I would take a break when we reached the grassy patch next to the surgery room—I don’t know if she ever got tired but I usually was. It was the best time to give Roxy her physiotherapy massage after the warm up walk, especially if the sun was out. And so I’d lower the towel and squat down beside my patient.

As I stroked the head and ears, the motorcycle engine would start up again.

“Grrr…grrr…” Roxy would go.

“Oh, shut up, Roxy,” I’d say as I stretched and massaged the hind legs and the pelvis.

“Grrr…grrr…” she’d reply. And so it went on.

Slowly, ever so slowly, I began to see improvement. We used to let our patients sit out in the morning sun once their medications had been given and walks completed. It was good for them to interact with their fellow inmates and get some fresh air and sunshine before going back into their kennels.
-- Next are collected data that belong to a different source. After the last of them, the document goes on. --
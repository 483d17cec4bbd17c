// The path metrics after a step from those before it, by lanes of thirty-two bits.
ghost use Rattle.std.specs.Prelude.{◌≡◌, ◌++◌, min, ℕ, ◌+◌, ◌-◌, ◌*◌, ◌/◌, ◌%◌, ◌^◌, ◌<◌, length, slice_index, nat_lt, if◌then◌else◌};
ghost use Rattle.tm_conv.specs.Path.{c1, c2, registers};
ghost use Rattle.tm_viterbi.specs.AddCompareSelect.{IsEach, IsNextSums, AreSurvivors};

use std::simd::prelude::*;

// The index 2 * c1 + c2 of the branch metric from register 2 * i by bit 0 (near), and from register 2 * i + 1 (far). By
// bit 1 the two change places.
const NEAR: [usize; 32] = [
    0, 1, 0, 1, 3, 2, 3, 2, 3, 2, 3, 2, 0, 1, 0, 1, 2, 3, 2, 3, 1, 0, 1, 0, 1, 0, 1, 0, 2, 3, 2, 3,
];

const FAR: [usize; 32] = [
    3, 2, 3, 2, 0, 1, 0, 1, 0, 1, 0, 1, 3, 2, 3, 2, 1, 0, 1, 0, 2, 3, 2, 3, 2, 3, 2, 3, 1, 0, 1, 0,
];

// The path metrics of the even registers and those of the odd ones.
fn halves(sums: &[u32; 64]) -> (Simd<u32, 32>, Simd<u32, 32>)
    ensures even { IsEach result.0 (λ i. slice_index sums.now (2 * i)) }
    ensures odd { IsEach result.1 (λ i. slice_index sums.now (2 * i + 1)) }
{
    let low = Simd::<u32, 32>::from_slice(&sums[..32]);
    let high = Simd::<u32, 32>::from_slice(&sums[32..]);
    low.deinterleave(high)
}

// The branch metrics by bit 0 from registers 2 * i.
fn near_metrics(metrics: &[u32; 4]) -> Simd<u32, 32>
    ensures { IsEach result (λ i. slice_index metrics.now (2 * c1 (2 * i) 0 + c2 (2 * i) 0)) }
{
    u32x4::from_array(*metrics).swizzle(NEAR)
}

// The branch metrics by bit 0 from registers 2 * i + 1.
fn far_metrics(metrics: &[u32; 4]) -> Simd<u32, 32>
    ensures { IsEach result (λ i. slice_index metrics.now (2 * c1 (2 * i + 1) 0 + c2 (2 * i + 1) 0)) }
{
    u32x4::from_array(*metrics).swizzle(FAR)
}

// The lesser of two path metrics, and where the second is strictly less.
fn lesser(
    first: Simd<u32, 32>,
    near: Simd<u32, 32>,
    second: Simd<u32, 32>,
    far: Simd<u32, 32>,
) -> (Simd<u32, 32>, u64)
    requires lanes { (length first ≡ 32) × (length near ≡ 32) × (length second ≡ 32) × (length far ≡ 32) }
    requires first_fits { (i : ℕ) → i < 32 → slice_index first i + slice_index near i < 2 ^ 32 }
    requires second_fits { (i : ℕ) → i < 32 → slice_index second i + slice_index far i < 2 ^ 32 }
    ensures sums { IsEach result.0 (λ i. min (slice_index first i + slice_index near i)
        (slice_index second i + slice_index far i)) }
    ensures bits { (i : ℕ) → i < 32 → result.1 / 2 ^ i % 2
        ≡ (if nat_lt (slice_index second i + slice_index far i) (slice_index first i + slice_index near i) then 1
        else 0) }
    ensures small { result.1 < 2 ^ 32 }
{
    let one = first.strict_add(near);
    let other = second.strict_add(far);
    let less = other.simd_lt(one);
    (less.select(other, one), less.to_bitmask())
}

// Stores the path metrics of registers 0 to 31, and those of 32 to 63.
fn store_halves(low: Simd<u32, 32>, high: Simd<u32, 32>, next: &mut [u32; 64])
    requires { (length low ≡ 32) × (length high ≡ 32) }
    ensures { next.new ≡ low ++ high }
{
    low.copy_to_slice(&mut next[..32]);
    high.copy_to_slice(&mut next[32..]);
}

/// The path metrics and survivors as for `plain_column`, by lanes of 32 registers.
pub fn lane_column(sums: &[u32; 64], metrics: &[u32; 4], next: &mut [u32; 64]) -> u64
    requires { (s k : ℕ) → s < registers → k < 4 → slice_index sums.now s + slice_index metrics.now k < 2 ^ 32 }
    ensures sums { IsNextSums sums.now metrics.now next.new }
    ensures survivors { AreSurvivors sums.now metrics.now result }
{
    let (even, odd) = halves(sums);
    let near = near_metrics(metrics);
    let far = far_metrics(metrics);
    let (low, low_bits) = lesser(even, near, odd, far);
    let (high, high_bits) = lesser(even, far, odd, near);
    store_halves(low, high, next);
    low_bits + (high_bits << 32)
}
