// Where a window's paths may start, and where the best of them ends.
ghost use Rattle.std.specs.Prelude.{◌≡◌, Option};
ghost use Rattle.tm_conv.specs.Columns.{first_cost};
ghost use Rattle.tm_viterbi.specs.Starts.{starts_from};
ghost use Rattle.tm_viterbi.specs.Totals.{AreFirsts, IsFirstLeast};

// The register of least path metric, and of several the first.
pub(crate) fn least_register(sums: &[u32; 64]) -> usize
    ensures { IsFirstLeast sums.now result }
{
    let mut best = 0;
    for k in 1..64usize {
        if sums[k] < sums[best] {
            best = k;
        }
    }
    best
}

// Whether a path may start from a register.
fn is_start(starts: Option<u8>, register: usize) -> bool
    ensures { result ≡ starts_from starts register }
{
    match starts {
        None => true,
        Some(first) => register == usize::from(first),
    }
}

// The path metric of a register before any step: 0 at a start, and else more than any path costs.
fn first_sum(starts: Option<u8>, register: usize) -> u32
    ensures { result ≡ first_cost (starts_from starts) register }
{
    if is_start(starts, register) {
        0
    } else {
        1 << 30
    }
}

// The path metrics before any step.
pub(crate) fn first_sums(starts: Option<u8>) -> [u32; 64]
    ensures { AreFirsts (starts_from starts) result }
{
    let mut sums = [0; 64];
    for r in 0..64usize {
        sums[r] = first_sum(starts, r);
    }
    sums
}
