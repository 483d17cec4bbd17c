// The branch metrics of a step: what each of its four pairs of c1 and c2 costs.
ghost use Rattle.std.specs.Prelude.{◌≡◌, IsTrue, Bool, ℕ, ◌+◌, ◌-◌, ◌*◌, ◌/◌, ◌^◌, ◌<◌, ◌≤◌, take, drop, length, slice_index, if◌then◌else◌};
ghost use Rattle.tm_conv.specs.Path.{sent_c2, step_size};
ghost use Rattle.tm_conv.specs.Cost.{distance, greatest_octet, most_branch_metric};
ghost use Rattle.tm_viterbi.specs.Totals.{AreBranchMetrics};
ghost use Rattle.tm_viterbi.specs.StepPairs.{two_step_masks};

use crate::step_pairs::FOUR_TIMES;
use std::simd::prelude::*;
use tm_conv::{Rate, kept};

// The distances of the first octet from a 0 and from a 1, or 0 where c1 is not sent.
fn c1_metrics(is_sent: bool, octets: &[u8]) -> (u16, u16)
    requires { IsTrue is_sent → 0 < length octets.now }
    ensures zero { result.0 ≡ (if is_sent then distance 0 (slice_index octets.now 0) else 0) }
    ensures one { result.1 ≡ (if is_sent then distance 1 (slice_index octets.now 0) else 0) }
    ensures small { (result.0 ≤ greatest_octet) × (result.1 ≤ greatest_octet) }
{
    if is_sent {
        (u16::from(octets[0]), u16::from(255 - octets[0]))
    } else {
        (0, 0)
    }
}

// The distances of the last octet from what is sent for a 0 and for a 1 of c2, or 0 where c2 is not sent.
fn c2_metrics(is_sent: bool, invert: bool, octets: &[u8]) -> (u16, u16)
    requires { IsTrue is_sent → 0 < length octets.now }
    ensures zero { result.0 ≡ (if is_sent then distance (sent_c2 invert 0)
        (slice_index octets.now (length octets.now - 1)) else 0) }
    ensures one { result.1 ≡ (if is_sent then distance (sent_c2 invert 1)
        (slice_index octets.now (length octets.now - 1)) else 0) }
    ensures small { (result.0 ≤ greatest_octet) × (result.1 ≤ greatest_octet) }
{
    if is_sent {
        let octet = octets[octets.len() - 1];
        let near = u16::from(octet);
        let far = u16::from(255 - octet);
        if invert { (far, near) } else { (near, far) }
    } else {
        (0, 0)
    }
}

// The branch metrics of step t, at index 2 * c1 + c2. They are summed by lanes, so that the lanes of all branches are
// shuffled from them and not set one at a time.
pub(crate) fn step_metrics(rate: Rate, invert: bool, t: u64, octets: &[u8]) -> Simd<u16, 4>
    requires { length octets.now ≡ step_size rate t }
    ensures metrics { AreBranchMetrics rate invert t octets.now result }
    ensures small { (k : ℕ) → k < 4 → slice_index result k ≤ most_branch_metric }
{
    let (sends_first, sends_second) = kept(rate, t);
    let first = c1_metrics(sends_first, octets);
    let second = c2_metrics(sends_second, invert, octets);
    let firsts = u16x4::from_array([first.0, first.0, first.1, first.1]);
    let seconds = u16x4::from_array([second.0, second.1, second.0, second.1]);
    firsts.strict_add(seconds)
}

// The branch metrics of a step, in thirty-two bits.
pub(crate) fn wide_metrics(metrics: Simd<u16, 4>) -> [u32; 4]
    ensures { result ≡ metrics }
{
    let each = metrics.to_array();
    [
        u32::from(each[0]),
        u32::from(each[1]),
        u32::from(each[2]),
        u32::from(each[3]),
    ]
}

// The branch metrics of two steps at rate 1/2, where each sends both sums.
pub(crate) fn two_step_metrics(masks: Simd<u8, 16>, octets: &[u8]) -> (Simd<u16, 4>, Simd<u16, 4>)
    requires { length octets.now ≡ 4 }
    ensures first { (invert : Bool) (t : ℕ) → masks ≡ two_step_masks invert
        → AreBranchMetrics Rate.R12 invert t (take 2 octets.now) result.0 }
    ensures second { (invert : Bool) (t : ℕ) → masks ≡ two_step_masks invert
        → AreBranchMetrics Rate.R12 invert t (drop 2 octets.now) result.1 }
    ensures first_small { (k : ℕ) → k < 4 → slice_index result.0 k ≤ most_branch_metric }
    ensures second_small { (k : ℕ) → k < 4 → slice_index result.1 k ≤ most_branch_metric }
{
    let each = u8x4::from_slice(octets).swizzle(FOUR_TIMES) ^ masks;
    let firsts = each.extract::<0, 8>().cast::<u16>();
    let seconds = each.extract::<8, 8>().cast::<u16>();
    let metrics = firsts.strict_add(seconds);
    (metrics.extract::<0, 4>(), metrics.extract::<4, 4>())
}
Often, going off their food is the first sign that an animal is sick. They also become dull and lethargic, often shunning company and showing no interest in play or social interaction.

Roxy was eating and drinking just fine. She was bright and alert, and as soon as she was put down, she would take off on her two fore legs and keep going until she grew tired.

Once again, I had a case that would have done much better with home care.

All I was doing was giving Roxy antibiotic shots once in three days, cleaning her coat, and massaging her hind legs. It was up to nature to cure her. The same, or better level of care, could have easily been provided by her owner. In advanced countries I had heard of paraplegic animals being fitted with prosthetic devices, but such therapeutic aids had not yet reached Sri Lanka. Some students did try to make a wheelchair for Roxy using a broken pram and other odds and ends, but it didn’t work and Roxy was not able to walk freely with it attached to her trunk. The contraption was quickly abandoned.

As I moved on from that kennel rotation, I felt that Roxy was definitely getting better. She really needed to be at home, not in the kennel.

With her zest for life and love for walking, the prognosis was bright. Even if she didn’t get the full function of her hind limbs back, she’d be fine. All she needed was a wee bit of support and daily care from her family.

Roxy was going to growl her way through life just fine.

***

“The Kennels” is an excerpt from Anand Krishnaswamy’s new memoir in progress.